(Collected data)
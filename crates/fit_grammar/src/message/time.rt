// The time of a message.

ghost use Rattle.std.specs.Prelude.{◌≡◌};
ghost use Rattle.fit_grammar.specs.Format.Message.{next_time as next_time_of, compressed_time as compressed_time_of, stated_by, time_stated};
ghost use Rattle.fit_grammar.specs.Calls.LentField.{field_view};

use crate::message::{Field, Fields};
use fit_base::BaseType;

// The least time that is not below the one before and equals the offset modulo 32, wrapped at 2^32.
fn next_time(before: u32, offset: u8) -> u32
    ensures { result ≡ next_time_of before offset }
{
    before.wrapping_add((u32::from(offset) + 32 - before % 32) % 32)
}

// The time of a compressed timestamp, if one is given.
pub(crate) fn compressed_time(before: u32, offset: Option<u8>) -> Option<u32>
    ensures { result ≡ compressed_time_of before offset }
{
    match offset {
        Some(offset) => Some(next_time(before, offset)),
        None => None,
    }
}

impl<'m> Fields<'m> {
    /// The time that the fields state: the value of the first field 253 of base type 0x86 and size 4 that is not invalid.
    pub fn stated_time(self) -> Option<u32>
        ensures { result ≡ time_stated self.entry }
    {
        for field in self {
            let time = time_by(&field);
            if time.is_some() {
                return time;
            }
        }
        None
    }
}

// The time that a field states, if it is field 253 of base type 0x86.
fn time_by(field: &Field) -> Option<u32>
    ensures { result ≡ stated_by (field_view field.now) }
{
    if field.number == 253 {
        field.value_as(BaseType::Uint32)
    } else {
        None
    }
}
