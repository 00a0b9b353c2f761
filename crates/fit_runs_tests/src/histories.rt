// Scripts that are run over a disk in memory. The answers, the files and the choice bytes are from outside.

use crate::equality::equal;
use fit_files::{check_bytes, show_bytes};
use fit_grammar::{decode_file, encode_file};
use fit_histories::Answer;
use fit_histories::world::run;
use fit_runs::ReplyText;
use fit_scripts::parse_script;
use std::alloc::{AllocError, Global};
use std::process::Abort;
use std::test::Fail;

// A start, ten samples and no commit.
const TEN_SAMPLES: &str =
    "start 1000000000 7 running\nsample 1000000000\nsample 1000000001\nsample 1000000002\nsample 1000000003\nsample 1000000004\nsample 1000000005\nsample 1000000006\nsample 1000000007\nsample 1000000008\nsample 1000000009\npower\nrecover\n";

// Two laps, the second with one sample, and a commit. Then the power goes, and the ride is recovered.
const TWO_LAPS: &str =
    "start 1000000000 7 running\nsample 1000000000 hr=100\nsample 1000000001 hr=101\nlap 1000000002\nsample 1000000002 hr=110\ncommit\npower\nrecover\n";

// The messages from the first lap on, as they are recovered.
const TWO_LAPS_TEXT: &str =
    "5 lap message_index=0 timestamp=1000000002 event=9 event_type=1 start_time=1000000000 total_elapsed_time=2000 total_timer_time=2000 total_distance=- avg_speed=- max_speed=- avg_heart_rate=100 max_heart_rate=101 avg_power=- max_power=- lap_trigger=0
6 record timestamp=1000000002 heart_rate=110
7 event timestamp=1000000002 event=0 event_type=4
8 lap message_index=1 timestamp=1000000002 event=9 event_type=1 start_time=1000000002 total_elapsed_time=0 total_timer_time=0 total_distance=- avg_speed=- max_speed=- avg_heart_rate=110 max_heart_rate=110 avg_power=- max_power=- lap_trigger=7
9 session message_index=0 timestamp=1000000002 event=8 event_type=1 start_time=1000000000 sport=1 sub_sport=0 total_elapsed_time=2000 total_timer_time=2000 total_distance=- avg_speed=- max_speed=- avg_heart_rate=103 max_heart_rate=110 avg_power=- max_power=- first_lap_index=0 num_laps=2 trigger=0
10 activity timestamp=1000000002 total_timer_time=2000 num_sessions=1 type=0 event=26 event_type=1
messages 11
";

// The answers to a start that lost its power at the write of its gate, and to a recovery after it that finds nothing.
const NOT_STARTED: &str = "ok\nDevice\nok\nNothingRecorded\n";

// The same if the start is recovered.
const STARTED: &str =
    "ok\nDevice\nok\nok records=0 laps=1 sessions=1 start=1000000000 elapsed_ms=0 timer_ms=0 distance_cm=-\n";

// The header of the file of a start alone, and the messages of the start.
static START_FRONT: [u8; 86] = [
    0x0E, 0x10, 0x64, 0x00, 0x44, 0x01, 0x00, 0x00, 0x2E, 0x46, 0x49, 0x54, 0x34, 0xED, 0x44, 0x00,
    0x00, 0x00, 0x00, 0x05, 0x00, 0x01, 0x00, 0x01, 0x02, 0x84, 0x02, 0x02, 0x84, 0x03, 0x04, 0x8C,
    0x04, 0x04, 0x86, 0x04, 0x04, 0xFF, 0x00, 0x01, 0x00, 0x07, 0x00, 0x00, 0x00, 0x00, 0xCA, 0x9A,
    0x3B, 0x45, 0x00, 0x00, 0x0C, 0x00, 0x02, 0x00, 0x01, 0x00, 0x01, 0x01, 0x00, 0x05, 0x01, 0x00,
    0x46, 0x00, 0x00, 0x15, 0x00, 0x03, 0xFD, 0x04, 0x86, 0x00, 0x01, 0x00, 0x01, 0x01, 0x00, 0x06,
    0x00, 0xCA, 0x9A, 0x3B, 0x00, 0x00,
];

// The choice bytes that leave the gate of a start, if the power goes at its write.
static GATE: [u8; 9] = [0, 0, 0, 0, 0, 0, 0, 0, 0xA5];

// The power goes at the write of a start's gate.
const CUT_START: &str = "cut 10\nstart 1000000000 7 running\npower\nrecover\n";

// The answers to a script.
pub fn answers_to(alloc: Global, script: &str, choices: &[u8]) -> Result<Vec<Answer>, Fail> {
    let events = parse_script(alloc, script)?;
    Ok(run(alloc, events.as_slice(), choices)?)
}

// The file of an answer.
pub fn file_in(answer: Option<&Answer>) -> &[u8] {
    match answer {
        Some(Answer::Stopped { file } | Answer::Recovered { file, .. }) => file.as_slice(),
        _ => &[],
    }
}

// The file of the last answer to a script.
pub fn last_file(alloc: Global, script: &str, choices: &[u8]) -> Result<Vec<u8>, Fail> {
    let answers = answers_to(alloc, script, choices)?;
    Ok(Vec::from_slice(alloc, file_in(answers.last()))?)
}

// The lines of the answers to a script.
fn text_of(alloc: Global, script: &str, choices: &[u8]) -> Result<String, Fail> {
    let answers = answers_to(alloc, script, choices)?;
    let mut text = String::new(alloc);
    for answer in &answers {
        let line = format!(in alloc; "{}\n", ReplyText(answer.reply()))?;
        text.push_str(line.as_str())?;
    }
    Ok(text)
}

// Asserts that the answers to a script have these lines.
pub fn expect_answers(
    rt: &impl Abort,
    alloc: Global,
    script: &str,
    choices: &[u8],
    lines: &str,
) -> Result<(), Fail> {
    let found = text_of(alloc, script, choices)?;
    assert_eq!(rt; found.as_str(), lines, "{script}{choices:?}");
    Ok(())
}

// Asserts that a file is shown as a text with this end.
pub fn expect_shown(rt: &impl Abort, alloc: Global, file: &[u8], end: &str) -> Result<(), Fail> {
    let mut out = Vec::new(alloc);
    show_bytes(alloc, file, false, &mut out)?;
    assert!(rt; out.as_slice().ends_with(end.as_bytes()), "{end}");
    Ok(())
}

// Asserts that the check of a file prints this line.
pub fn expect_checked(rt: &impl Abort, alloc: Global, file: &[u8], line: &str) -> Result<(), Fail> {
    let mut out = Vec::new(alloc);
    check_bytes(alloc, file, &mut out)?;
    equal(rt, out.as_slice(), line.as_bytes());
    Ok(())
}

#[test]
fn a_start_that_lost_its_power_leaves_nothing(rt: HostRuntime) -> Result<(), Fail> {
    let script =
        "cut 5\nstart 1000000000 7 running\npower\nrecover\nerase\nstart 1000000000 7 running\n";
    let lines = "ok\nDevice\nok\nNothingRecorded\nok\nok\n";
    expect_answers(&rt, rt.alloc(), script, &[], lines)
}

// The choice bytes decide whether the start is recovered.
#[test]
fn the_choices_decide_what_a_power_cut_leaves(rt: HostRuntime) -> Result<(), Fail> {
    expect_answers(&rt, rt.alloc(), CUT_START, &[], NOT_STARTED)?;
    expect_answers(&rt, rt.alloc(), CUT_START, &GATE, STARTED)?;
    let file = last_file(rt.alloc(), CUT_START, &GATE)?;
    let other = last_file(rt.alloc(), TEN_SAMPLES, &[])?;
    equal(&rt, file.as_slice(), other.as_slice());
    Ok(())
}

// The choice bytes of two power cuts, each at the write of a gate, and the answers.
static TWO_CUTS: [([u8; 18], &str); 2] = [
    (
        [0, 0, 0, 0, 0, 0, 0, 0, 0xA5, 0, 0, 0, 0, 0, 0, 0, 0, 0],
        "ok\nDevice\nok\nok records=0 laps=1 sessions=1 start=1000000000 elapsed_ms=0 timer_ms=0 distance_cm=-\nok\nok\nDevice\nok\nNothingRecorded\n",
    ),
    (
        [0, 0, 0, 0, 0, 0, 0, 0, 0, 0, 0, 0, 0, 0, 0, 0, 0, 0xA5],
        "ok\nDevice\nok\nNothingRecorded\nok\nok\nDevice\nok\nok records=0 laps=1 sessions=1 start=1000000000 elapsed_ms=0 timer_ms=0 distance_cm=-\n",
    ),
];

// Each power cut takes the choice bytes after those of the one before.
#[test]
fn the_choices_go_on(rt: HostRuntime) -> Result<(), Fail> {
    let script =
        "cut 10\nstart 1000000000 7 running\npower\nrecover\nerase\ncut 10\nstart 1000000000 7 running\npower\nrecover\n";
    for (choices, lines) in TWO_CUTS {
        expect_answers(&rt, rt.alloc(), script, &choices, lines)?;
    }
    Ok(())
}

#[test]
fn what_was_not_committed_is_gone(rt: HostRuntime) -> Result<(), Fail> {
    let lines =
        "ok\nok\nok\nok\nok\nok\nok\nok\nok\nok\nok\nok\nok records=0 laps=1 sessions=1 start=1000000000 elapsed_ms=0 timer_ms=0 distance_cm=-\n";
    expect_answers(&rt, rt.alloc(), TEN_SAMPLES, &[], lines)?;
    let file = last_file(rt.alloc(), TEN_SAMPLES, &[])?;
    equal(&rt, file.len(), 340);
    assert!(rt; file.starts_with(&START_FRONT));
    Ok(())
}

#[test]
fn what_was_committed_is_recovered(rt: HostRuntime) -> Result<(), Fail> {
    let lines =
        "ok\nok\nok\nok\nok\nok\nok\nok records=3 laps=2 sessions=1 start=1000000000 elapsed_ms=2000 timer_ms=2000 distance_cm=-\n";
    expect_answers(&rt, rt.alloc(), TWO_LAPS, &[], lines)?;
    let file = last_file(rt.alloc(), TWO_LAPS, &[])?;
    expect_shown(&rt, rt.alloc(), file.as_slice(), TWO_LAPS_TEXT)
}

#[test]
fn a_call_that_fails_ends_the_recording(rt: HostRuntime) -> Result<(), Fail> {
    let script =
        "start 1000000000 7 running\nsample 1000000000 hr=100\nfail 1\ncommit\nsample 1000000001\nrecover\n";
    let lines =
        "ok\nok\nok\nDevice\nFailed\nok records=0 laps=1 sessions=1 start=1000000000 elapsed_ms=0 timer_ms=0 distance_cm=-\n";
    expect_answers(&rt, rt.alloc(), script, &[], lines)
}

#[test]
fn an_entry_needs_a_recorder(rt: HostRuntime) -> Result<(), Fail> {
    expect_answers(&rt, rt.alloc(), "sample 1000000000\n", &[], "NoRecorder\n")
}

// A ride of three hundred samples and a stop, with a commit each minute.
fn long_ride(alloc: Global) -> Result<String, AllocError> {
    let mut script = format!(in alloc; "start 1000000000 7 running\n")?;
    for second in 1..=300u32 {
        let commit = if second % 60 == 0 { "commit\n" } else { "" };
        let line = format!(in alloc; "sample {}\n{commit}", 1_000_000_000 + second)?;
        script.push_str(line.as_str())?;
    }
    script.push_str("stop 1000000301\n")?;
    Ok(script)
}

fn count_done(answers: &[Answer]) -> usize {
    answers
        .iter()
        .filter(|answer| **answer == Answer::Done)
        .count()
}

// Asserts that a file is decoded, and written again with the same bytes.
fn expect_same_again(rt: &impl Abort, alloc: Global, file: &[u8]) -> Result<(), Fail> {
    let read = decode_file(alloc, file)?;
    let mut written = Vec::new(alloc);
    encode_file(&read, &mut written)?;
    assert!(rt; written.as_slice() == file);
    Ok(())
}

// With ample memory each event is done, and none is left out. The file is checked, decoded, written again, and shown.
#[test]
fn ample_memory_succeeds(rt: HostRuntime) -> Result<(), Fail> {
    let script = long_ride(rt.alloc())?;
    let answers = answers_to(rt.alloc(), script.as_str(), &[])?;
    equal(&rt, answers.len(), 307);
    equal(&rt, count_done(&answers), 306);
    let file = file_in(answers.last());
    let line =
        "ok records=300 laps=1 sessions=1 start=1000000000 elapsed_ms=301000 timer_ms=301000 distance_cm=-\n";
    expect_checked(&rt, rt.alloc(), file, line)?;
    expect_same_again(&rt, rt.alloc(), file)?;
    expect_shown(&rt, rt.alloc(), file, "\nmessages 307\n")
}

▶ ACTIVITY
Please copy only these lines, exactly: the first line of the records through the line containing "use fit_base::BaseType;", ends included.

▶ OUTPUT OF THE TASK
filename crates/fit_grammar/src/message/time.rt
// The time of a message.

ghost use Rattle.std.specs.Prelude.{◌≡◌};
ghost use Rattle.fit_grammar.specs.Format.Message.{next_time as next_time_of, compressed_time as compressed_time_of, stated_by, time_stated};
ghost use Rattle.fit_grammar.specs.Calls.LentField.{field_view};

use crate::message::{Field, Fields};
use fit_base::BaseType;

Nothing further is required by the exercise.